_Work request_
From the line containing "const TURNS: u32 = 1_000_000;" down to the last line of the material below, copy each line exactly and leave out the rest.

START Data

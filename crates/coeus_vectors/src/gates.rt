//! A gate that keeps what it is told, and may hold a unit.

use crate::cases::Case;
use crate::lines::{put, put_text};
use co_board::Gate;
use std::alloc::AllocError;
use std::sync::atomic::AtomicU64;
use std::sync::atomic::Ordering::SeqCst;
use std::thread;

const TURNS: u32 = 1_000_000;

/// How many units begin beside the one that is held.
const OTHERS: u64 = 3;

/// Holds one unit until the others have begun, for at most `TURNS` turns.
#[derive(Drop)]
pub struct Watch {
    held: u64,
    digits: AtomicU64,
    begun: AtomicU64,
    ran_out: AtomicU64,
}

impl Watch {
    /// Holds the unit that a case says, or none.
    pub fn of(case: Case) -> Watch {
        Watch {
            held: case.text("held").parse().unwrap_or(u64::MAX),
            digits: AtomicU64::new(0),
            begun: AtomicU64::new(0),
            ran_out: AtomicU64::new(0),
        }
    }

    /// The units in the order in which they began, from 1, as the digits of a number; or whether
    /// the others began while one was held.
    pub fn put(&self, line: &mut String, call: &str) -> Result<(), AllocError> {
        match call {
            "order" => put(line, self.digits.load(SeqCst) as u128),
            "held" if self.ran_out.load(SeqCst) != 0 => put_text(line, "ran out"),
            "held" => put_text(line, "let go"),
            _ => Ok(()),
        }
    }

    fn keep(&self, unit: u64) {
        let before = self.digits.load(SeqCst).wrapping_mul(10);
        self.digits
            .store(before.wrapping_add(unit).wrapping_add(1), SeqCst);
    }

    fn hold(&self) {
        for _ in 0..TURNS {
            if self.begun.load(SeqCst) == OTHERS {
                return;
            }
            thread::yield_now();
        }
        self.ran_out.store(1, SeqCst);
    }
}

impl Gate for Watch {
    fn begin(&self, unit: u64) {
        self.keep(unit);
        if unit == self.held {
            self.hold();
        } else {
            self.begun.fetch_add(1, SeqCst);
        }
    }
}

END Data

_Solution to the exercise_
const TURNS: u32 = 1_000_000;

/// How many units begin beside the one that is held.
const OTHERS: u64 = 3;

/// Holds one unit until the others have begun, for at most `TURNS` turns.
#[derive(Drop)]
pub struct Watch {
    held: u64,
    digits: AtomicU64,
    begun: AtomicU64,
    ran_out: AtomicU64,
}

impl Watch {
    /// Holds the unit that a case says, or none.
    pub fn of(case: Case) -> Watch {
        Watch {
            held: case.text("held").parse().unwrap_or(u64::MAX),
            digits: AtomicU64::new(0),
            begun: AtomicU64::new(0),
            ran_out: AtomicU64::new(0),
        }
    }

    /// The units in the order in which they began, from 1, as the digits of a number; or whether
    /// the others began while one was held.
    pub fn put(&self, line: &mut String, call: &str) -> Result<(), AllocError> {
        match call {
            "order" => put(line, self.digits.load(SeqCst) as u128),
            "held" if self.ran_out.load(SeqCst) != 0 => put_text(line, "ran out"),
            "held" => put_text(line, "let go"),
            _ => Ok(()),
        }
    }

    fn keep(&self, unit: u64) {
        let before = self.digits.load(SeqCst).wrapping_mul(10);
        self.digits
            .store(before.wrapping_add(unit).wrapping_add(1), SeqCst);
    }

    fn hold(&self) {
        for _ in 0..TURNS {
            if self.begun.load(SeqCst) == OTHERS {
                return;
            }
            thread::yield_now();
        }
        self.ran_out.store(1, SeqCst);
    }
}

impl Gate for Watch {
    fn begin(&self, unit: u64) {
        self.keep(unit);
        if unit == self.held {
            self.hold();
        } else {
            self.begun.fetch_add(1, SeqCst);
        }
    }
}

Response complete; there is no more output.